-------- Supplied information --------

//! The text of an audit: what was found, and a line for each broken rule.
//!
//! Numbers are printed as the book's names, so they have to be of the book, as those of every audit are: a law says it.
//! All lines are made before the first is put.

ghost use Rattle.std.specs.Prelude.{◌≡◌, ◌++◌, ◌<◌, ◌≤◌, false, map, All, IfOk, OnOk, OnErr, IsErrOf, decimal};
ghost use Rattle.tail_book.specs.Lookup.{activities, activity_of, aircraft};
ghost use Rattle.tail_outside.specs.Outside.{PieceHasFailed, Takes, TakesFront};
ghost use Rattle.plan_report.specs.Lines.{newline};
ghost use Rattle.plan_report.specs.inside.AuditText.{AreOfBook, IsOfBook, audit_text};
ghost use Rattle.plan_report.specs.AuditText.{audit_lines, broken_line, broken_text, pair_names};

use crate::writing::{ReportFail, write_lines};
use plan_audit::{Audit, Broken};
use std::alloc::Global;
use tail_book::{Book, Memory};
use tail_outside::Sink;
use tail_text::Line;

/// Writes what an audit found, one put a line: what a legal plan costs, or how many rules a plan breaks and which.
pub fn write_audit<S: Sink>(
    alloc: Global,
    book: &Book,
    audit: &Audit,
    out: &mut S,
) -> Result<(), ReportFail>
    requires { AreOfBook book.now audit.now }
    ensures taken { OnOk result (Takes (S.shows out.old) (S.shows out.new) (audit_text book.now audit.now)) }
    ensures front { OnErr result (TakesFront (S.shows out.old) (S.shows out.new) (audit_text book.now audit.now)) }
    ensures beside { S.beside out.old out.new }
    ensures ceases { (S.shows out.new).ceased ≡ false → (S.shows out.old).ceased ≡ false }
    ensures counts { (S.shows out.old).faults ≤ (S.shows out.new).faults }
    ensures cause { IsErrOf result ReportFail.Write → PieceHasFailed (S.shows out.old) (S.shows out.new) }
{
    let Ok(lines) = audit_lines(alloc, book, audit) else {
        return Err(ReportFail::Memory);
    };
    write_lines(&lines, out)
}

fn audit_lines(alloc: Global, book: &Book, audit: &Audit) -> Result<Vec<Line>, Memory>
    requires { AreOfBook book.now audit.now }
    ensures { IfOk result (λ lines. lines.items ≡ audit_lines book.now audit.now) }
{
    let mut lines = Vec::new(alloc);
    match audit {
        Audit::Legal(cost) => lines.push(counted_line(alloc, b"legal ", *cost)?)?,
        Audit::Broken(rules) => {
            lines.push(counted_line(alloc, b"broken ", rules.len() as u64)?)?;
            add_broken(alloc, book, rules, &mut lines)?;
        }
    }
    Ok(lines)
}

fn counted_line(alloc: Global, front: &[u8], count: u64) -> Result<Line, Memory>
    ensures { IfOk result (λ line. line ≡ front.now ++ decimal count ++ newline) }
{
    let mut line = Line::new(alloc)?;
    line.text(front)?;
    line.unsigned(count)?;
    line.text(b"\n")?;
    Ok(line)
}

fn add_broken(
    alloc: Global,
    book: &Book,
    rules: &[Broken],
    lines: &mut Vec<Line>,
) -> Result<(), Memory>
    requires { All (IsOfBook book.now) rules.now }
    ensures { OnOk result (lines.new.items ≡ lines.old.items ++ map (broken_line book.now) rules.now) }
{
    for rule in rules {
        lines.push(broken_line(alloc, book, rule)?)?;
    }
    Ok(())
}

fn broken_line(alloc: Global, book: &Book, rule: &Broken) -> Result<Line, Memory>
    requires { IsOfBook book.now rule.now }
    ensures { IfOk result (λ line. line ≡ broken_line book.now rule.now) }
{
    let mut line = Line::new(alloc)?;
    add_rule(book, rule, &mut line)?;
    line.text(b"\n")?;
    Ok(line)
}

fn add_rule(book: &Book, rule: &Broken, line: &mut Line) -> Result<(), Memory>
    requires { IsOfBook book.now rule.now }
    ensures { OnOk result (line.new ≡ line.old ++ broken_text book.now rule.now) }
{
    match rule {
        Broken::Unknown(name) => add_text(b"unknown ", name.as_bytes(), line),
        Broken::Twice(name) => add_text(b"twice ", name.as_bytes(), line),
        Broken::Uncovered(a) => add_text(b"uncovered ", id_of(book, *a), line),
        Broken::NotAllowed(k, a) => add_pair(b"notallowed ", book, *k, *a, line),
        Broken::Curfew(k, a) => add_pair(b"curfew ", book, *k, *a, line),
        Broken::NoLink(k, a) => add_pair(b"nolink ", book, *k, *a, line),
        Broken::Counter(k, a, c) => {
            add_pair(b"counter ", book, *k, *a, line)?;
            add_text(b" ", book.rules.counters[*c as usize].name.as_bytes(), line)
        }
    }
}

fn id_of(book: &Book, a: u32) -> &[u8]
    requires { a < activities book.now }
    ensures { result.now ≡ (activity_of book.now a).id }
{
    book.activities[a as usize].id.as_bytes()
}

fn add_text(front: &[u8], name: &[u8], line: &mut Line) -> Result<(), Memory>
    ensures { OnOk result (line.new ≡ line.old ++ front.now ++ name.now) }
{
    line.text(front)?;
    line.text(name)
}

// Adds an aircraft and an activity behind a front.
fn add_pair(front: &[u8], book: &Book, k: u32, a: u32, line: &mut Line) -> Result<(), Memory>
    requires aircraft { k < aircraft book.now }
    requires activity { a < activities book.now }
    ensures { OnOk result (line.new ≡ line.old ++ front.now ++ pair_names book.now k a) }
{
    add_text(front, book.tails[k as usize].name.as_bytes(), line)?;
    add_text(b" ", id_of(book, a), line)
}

--------
-------- Supplied information --------

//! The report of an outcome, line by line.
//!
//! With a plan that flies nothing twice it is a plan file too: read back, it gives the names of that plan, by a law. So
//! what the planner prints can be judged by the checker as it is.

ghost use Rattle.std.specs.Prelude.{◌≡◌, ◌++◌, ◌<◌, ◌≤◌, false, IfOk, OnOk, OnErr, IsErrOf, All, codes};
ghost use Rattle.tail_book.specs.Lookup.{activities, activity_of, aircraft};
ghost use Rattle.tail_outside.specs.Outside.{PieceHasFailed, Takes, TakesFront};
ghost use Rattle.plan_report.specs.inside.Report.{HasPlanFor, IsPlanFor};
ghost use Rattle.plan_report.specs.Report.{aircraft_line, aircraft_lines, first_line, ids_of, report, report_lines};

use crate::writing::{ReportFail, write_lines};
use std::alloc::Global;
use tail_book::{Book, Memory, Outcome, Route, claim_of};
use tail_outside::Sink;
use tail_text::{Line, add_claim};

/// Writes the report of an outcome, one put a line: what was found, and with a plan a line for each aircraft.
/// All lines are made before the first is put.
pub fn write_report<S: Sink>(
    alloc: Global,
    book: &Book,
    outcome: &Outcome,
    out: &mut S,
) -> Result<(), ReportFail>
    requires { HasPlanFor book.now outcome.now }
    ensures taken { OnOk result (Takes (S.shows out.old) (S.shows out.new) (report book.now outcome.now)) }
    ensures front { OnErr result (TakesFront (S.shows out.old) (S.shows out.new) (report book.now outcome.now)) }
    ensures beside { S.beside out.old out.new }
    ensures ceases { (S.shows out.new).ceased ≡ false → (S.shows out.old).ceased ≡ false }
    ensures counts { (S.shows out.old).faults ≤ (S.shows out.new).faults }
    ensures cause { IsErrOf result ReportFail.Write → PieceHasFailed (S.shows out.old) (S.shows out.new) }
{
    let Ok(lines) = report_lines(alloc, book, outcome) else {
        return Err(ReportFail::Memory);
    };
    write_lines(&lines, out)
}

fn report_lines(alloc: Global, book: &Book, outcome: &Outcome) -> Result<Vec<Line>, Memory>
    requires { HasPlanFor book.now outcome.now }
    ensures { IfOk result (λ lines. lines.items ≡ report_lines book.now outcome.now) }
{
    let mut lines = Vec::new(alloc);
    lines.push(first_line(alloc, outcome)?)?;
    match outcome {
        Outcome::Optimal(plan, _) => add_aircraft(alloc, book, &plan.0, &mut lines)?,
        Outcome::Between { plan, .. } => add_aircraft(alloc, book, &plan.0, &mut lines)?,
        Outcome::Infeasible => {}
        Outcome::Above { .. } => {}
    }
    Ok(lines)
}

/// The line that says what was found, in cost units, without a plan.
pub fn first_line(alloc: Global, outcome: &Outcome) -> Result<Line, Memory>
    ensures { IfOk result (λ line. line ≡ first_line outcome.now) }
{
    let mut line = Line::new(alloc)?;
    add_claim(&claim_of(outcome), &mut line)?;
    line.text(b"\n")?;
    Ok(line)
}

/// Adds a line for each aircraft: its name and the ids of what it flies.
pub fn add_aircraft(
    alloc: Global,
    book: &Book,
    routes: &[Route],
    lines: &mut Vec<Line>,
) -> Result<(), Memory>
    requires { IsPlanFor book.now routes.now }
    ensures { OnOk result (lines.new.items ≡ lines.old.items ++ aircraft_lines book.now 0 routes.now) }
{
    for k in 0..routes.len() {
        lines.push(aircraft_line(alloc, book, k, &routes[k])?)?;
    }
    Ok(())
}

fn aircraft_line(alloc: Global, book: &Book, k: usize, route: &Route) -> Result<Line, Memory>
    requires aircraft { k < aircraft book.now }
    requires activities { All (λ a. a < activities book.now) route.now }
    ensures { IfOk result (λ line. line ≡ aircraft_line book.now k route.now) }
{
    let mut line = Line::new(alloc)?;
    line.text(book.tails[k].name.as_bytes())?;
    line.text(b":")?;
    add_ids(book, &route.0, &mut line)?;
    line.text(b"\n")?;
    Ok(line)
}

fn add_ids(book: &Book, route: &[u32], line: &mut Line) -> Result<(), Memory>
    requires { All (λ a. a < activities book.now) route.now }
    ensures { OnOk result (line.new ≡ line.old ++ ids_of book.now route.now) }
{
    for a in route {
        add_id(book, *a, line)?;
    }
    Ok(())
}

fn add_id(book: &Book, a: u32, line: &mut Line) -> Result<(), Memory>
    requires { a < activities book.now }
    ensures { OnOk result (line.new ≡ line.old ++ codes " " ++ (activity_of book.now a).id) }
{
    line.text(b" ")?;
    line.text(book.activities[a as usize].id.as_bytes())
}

--------

What you should do: Return every line above where "specs" appears.

Task answer:
ghost use Rattle.std.specs.Prelude.{◌≡◌, ◌++◌, ◌<◌, ◌≤◌, false, map, All, IfOk, OnOk, OnErr, IsErrOf, decimal};
ghost use Rattle.tail_book.specs.Lookup.{activities, activity_of, aircraft};
ghost use Rattle.tail_outside.specs.Outside.{PieceHasFailed, Takes, TakesFront};
ghost use Rattle.plan_report.specs.Lines.{newline};
ghost use Rattle.plan_report.specs.inside.AuditText.{AreOfBook, IsOfBook, audit_text};
ghost use Rattle.plan_report.specs.AuditText.{audit_lines, broken_line, broken_text, pair_names};
ghost use Rattle.std.specs.Prelude.{◌≡◌, ◌++◌, ◌<◌, ◌≤◌, false, IfOk, OnOk, OnErr, IsErrOf, All, codes};
ghost use Rattle.tail_book.specs.Lookup.{activities, activity_of, aircraft};
ghost use Rattle.tail_outside.specs.Outside.{PieceHasFailed, Takes, TakesFront};
ghost use Rattle.plan_report.specs.inside.Report.{HasPlanFor, IsPlanFor};
ghost use Rattle.plan_report.specs.Report.{aircraft_line, aircraft_lines, first_line, ids_of, report, report_lines};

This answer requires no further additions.